-- Source material follows --

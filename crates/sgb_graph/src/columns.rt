//! The values of one utility field, of all vertices or of all arc records of a graph, kept by their kind.
//!
//! No value can stand where its kind forbids it, and the kinds of a graph are those of its columns.
ghost use Rattle.std.specs.Prelude.{◌≡◌, ◌<◌, ◌+◌, ℕ, [], ◌∷◌, ◌++◌, map, slice_get, Some, IfOk, OnOk};
ghost use Rattle.std.specs.Bool.{OnTrue};
ghost use Rattle.sgb_graph.specs.Columns.{util_seen};
ghost use Rattle.std.specs.List.{list_all};
ghost use Rattle.sgb_graph.specs.Sound.{chain_fits, ref_fits, util_fits};
ghost use Rattle.sgb_graph.specs.Growth.{at_place, number_or_zero};
ghost use Rattle.sgb_graph.specs.inner.Columns.{HasPlace, HasRoom, HoldsMany, column_kind, util_kind, values};
ghost use Rattle.sgb_graph.specs.declared.columns.Column.TheVariants.{Unused};
ghost use Rattle.sgb_graph.specs.declared.fields.Kind.TheVariants.{I};
ghost use Rattle.sgb_graph.specs.declared.fields.Util.TheVariants.{Int};

use crate::fields::{Kind, Ref, Util, UtilRef};
use crate::ranges::{chain_fits, ref_fits};
use crate::room::put;
use sgb_vec::Text;
use std::alloc::{AllocError, Global};

// The values of a field, one after another; of a field that is not used, none.
pub(crate) enum Column {
    Unused,
    Ints(Vec<i64>),
    Vertices(Vec<Ref>),
    Texts(Vec<Text>),
    Chains(Vec<Option<usize>>),
}

// One function drops a column. A derived drop would be a case for each kind wherever a column is dropped.
impl Drop for Column {
    fn drop(self) {
        match self {
            Column::Unused => {}
            Column::Ints(_) => {}
            Column::Vertices(_) => {}
            Column::Texts(_) => {}
            Column::Chains(_) => {}
        }
    }
}

impl Column {
    // The column of a field of this kind, with no values yet. It takes no memory.
    pub(crate) fn new(alloc: Global, kind: Kind) -> Column
        ensures kind { column_kind result ≡ kind }
        ensures none { HoldsMany 0 result }
    {
        match kind {
            Kind::Z => Column::Unused,
            Kind::I => Column::Ints(Vec::new(alloc)),
            Kind::V => Column::Vertices(Vec::new(alloc)),
            Kind::S => Column::Texts(Vec::new(alloc)),
            Kind::A => Column::Chains(Vec::new(alloc)),
        }
    }

    // What the field holds.
    pub(crate) fn kind(&self) -> Kind
        ensures { result ≡ column_kind self.now }
    {
        match self {
            Column::Unused => Kind::Z,
            Column::Ints(_) => Kind::I,
            Column::Vertices(_) => Kind::V,
            Column::Texts(_) => Kind::S,
            Column::Chains(_) => Kind::A,
        }
    }

    // Whether the field is not used.
    #[inline(always)]
    pub(crate) fn is_unused(&self) -> bool
        ensures { OnTrue result (self.now ≡ Unused) }
    {
        matches!(self, Column::Unused)
    }

    // Whether the field holds integers.
    #[inline(always)]
    pub(crate) fn is_of_ints(&self) -> bool
        ensures { OnTrue result (column_kind self.now ≡ I) }
    {
        matches!(self, Column::Ints(_))
    }

    // Takes room for one value more. The values stay, whether there is room or not. What most files have is tried first.
    #[inline(always)]
    pub(crate) fn reserve(&mut self) -> Result<(), AllocError>
        ensures kind { column_kind self.new ≡ column_kind self.old }
        ensures values { (n : ℕ) → values n self.new ≡ values n self.old }
        ensures room { OnOk result (HasRoom self.new) }
    {
        match self {
            Column::Unused => Ok(()),
            Column::Ints(numbers) => numbers.reserve(1),
            _ => self.reserve_other(),
        }
    }

    // The same of any column.
    #[inline(never)]
    fn reserve_other(&mut self) -> Result<(), AllocError>
        ensures kind { column_kind self.new ≡ column_kind self.old }
        ensures values { (n : ℕ) → values n self.new ≡ values n self.old }
        ensures room { OnOk result (HasRoom self.new) }
    {
        match self {
            Column::Unused => {}
            Column::Ints(numbers) => numbers.reserve(1)?,
            Column::Vertices(vertices) => vertices.reserve(1)?,
            Column::Texts(texts) => texts.reserve(1)?,
            Column::Chains(chains) => chains.reserve(1)?,
        }
        Ok(())
    }

    // Puts a value of the column's kind after the others, for which there is room. It takes no memory.
    #[inline(always)]
    pub(crate) fn push(&mut self, value: Util)
        requires kind { util_kind value ≡ column_kind self.old }
        requires room { HasRoom self.old }
        ensures kind { column_kind self.new ≡ column_kind self.old }
        ensures values { (n : ℕ) → HoldsMany n self.old → values (1 + n) self.new
            ≡ values n self.old ++ value ∷ [] }
    {
        match (self, value) {
            (Column::Ints(numbers), Util::Int(number)) => put(numbers, number),
            (Column::Vertices(vertices), Util::Vertex(vertex)) => put(vertices, vertex),
            (Column::Texts(texts), Util::Str(text)) => put(texts, text),
            (Column::Chains(chains), Util::Chain(first)) => put(chains, first),
            _ => {}
        }
    }

    // Whether each vertex that is named is one of n, and each arc record one of m.
    pub(crate) fn fits(&self, n: usize, m: usize) -> bool
        ensures { (k : ℕ) → result
            ≡ list_all (util_fits n m (column_kind self.now)) (values k self.now) }
    {
        match self {
            Column::Unused => true,
            Column::Ints(_) => true,
            Column::Vertices(vertices) => each_vertex_fits(vertices, n),
            Column::Texts(_) => true,
            Column::Chains(chains) => each_chain_fits(chains, m),
        }
    }

    // The value of place k.
    pub(crate) fn get(&self, k: usize) -> UtilRef<'_>
        requires { HasPlace k self.now }
        ensures { (n : ℕ) → k < n → HoldsMany n self.now → slice_get (values n self.now) k
            ≡ Some (util_seen result) }
    {
        match self {
            Column::Unused => UtilRef::Nothing,
            Column::Ints(numbers) => UtilRef::Int(numbers[k]),
            Column::Vertices(vertices) => UtilRef::Vertex(vertices[k]),
            Column::Texts(texts) => UtilRef::Str(&texts[k]),
            Column::Chains(chains) => UtilRef::Chain(chains[k]),
        }
    }

    // The integers of n values: 0 for a value that is none.
    pub(crate) fn numbers(&self, alloc: Global, n: usize) -> Result<Vec<i64>, AllocError>
        requires { HoldsMany n self.now }
        ensures { IfOk result (λ numbers. map (λ i. Int i) numbers.items
            ≡ map number_or_zero (values n self.now)) }
    {
        let mut numbers = Vec::with_capacity(alloc, n)?;
        for k in 0..n {
            numbers.push(own_number(self.get(k)))?;
        }
        Ok(numbers)
    }

    // Makes the value of place k, of a field that holds integers, this one.
    #[inline(always)]
    pub(crate) fn set_int(&mut self, k: usize, value: i64)
        requires kind { column_kind self.old ≡ I }
        requires place { HasPlace k self.old }
        ensures kind { column_kind self.new ≡ I }
        ensures values { (n : ℕ) → values n self.new
            ≡ at_place (λ _. Int value) k (values n self.old) }
    {
        let Column::Ints(numbers) = self else {
            return;
        };
        numbers[k] = value;
    }
}

// The integer that the value is, or 0.
fn own_number(value: UtilRef<'_>) -> i64
    ensures { number_or_zero (util_seen value.entry) ≡ Int result }
{
    match value {
        UtilRef::Int(number) => number,
        _ => 0,
    }
}

// Whether each is one of n vertices, or none.
fn each_vertex_fits(vertices: &[Ref], n: usize) -> bool
    ensures { result ≡ list_all (ref_fits n) vertices.now }
{
    vertices.iter().all(|vertex| ref_fits(n, *vertex))
}

// Whether each is one of m records, or none.
fn each_chain_fits(chains: &[Option<usize>], m: usize) -> bool
    ensures { result ≡ list_all (chain_fits m) chains.now }
{
    chains.iter().all(|first| chain_fits(m, *first))
}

-- Source material concluded --

Exercise prompt :: Within the material above, the line with "column is dropped." opens the range and the line with "pub(crate) fn reserve(&mut" closes it; reproduce that range word for word.

Reply ::
// One function drops a column. A derived drop would be a case for each kind wherever a column is dropped.
impl Drop for Column {
    fn drop(self) {
        match self {
            Column::Unused => {}
            Column::Ints(_) => {}
            Column::Vertices(_) => {}
            Column::Texts(_) => {}
            Column::Chains(_) => {}
        }
    }
}

impl Column {
    // The column of a field of this kind, with no values yet. It takes no memory.
    pub(crate) fn new(alloc: Global, kind: Kind) -> Column
        ensures kind { column_kind result ≡ kind }
        ensures none { HoldsMany 0 result }
    {
        match kind {
            Kind::Z => Column::Unused,
            Kind::I => Column::Ints(Vec::new(alloc)),
            Kind::V => Column::Vertices(Vec::new(alloc)),
            Kind::S => Column::Texts(Vec::new(alloc)),
            Kind::A => Column::Chains(Vec::new(alloc)),
        }
    }

    // What the field holds.
    pub(crate) fn kind(&self) -> Kind
        ensures { result ≡ column_kind self.now }
    {
        match self {
            Column::Unused => Kind::Z,
            Column::Ints(_) => Kind::I,
            Column::Vertices(_) => Kind::V,
            Column::Texts(_) => Kind::S,
            Column::Chains(_) => Kind::A,
        }
    }

    // Whether the field is not used.
    #[inline(always)]
    pub(crate) fn is_unused(&self) -> bool
        ensures { OnTrue result (self.now ≡ Unused) }
    {
        matches!(self, Column::Unused)
    }

    // Whether the field holds integers.
    #[inline(always)]
    pub(crate) fn is_of_ints(&self) -> bool
        ensures { OnTrue result (column_kind self.now ≡ I) }
    {
        matches!(self, Column::Ints(_))
    }

    // Takes room for one value more. The values stay, whether there is room or not. What most files have is tried first.
    #[inline(always)]
    pub(crate) fn reserve(&mut self) -> Result<(), AllocError>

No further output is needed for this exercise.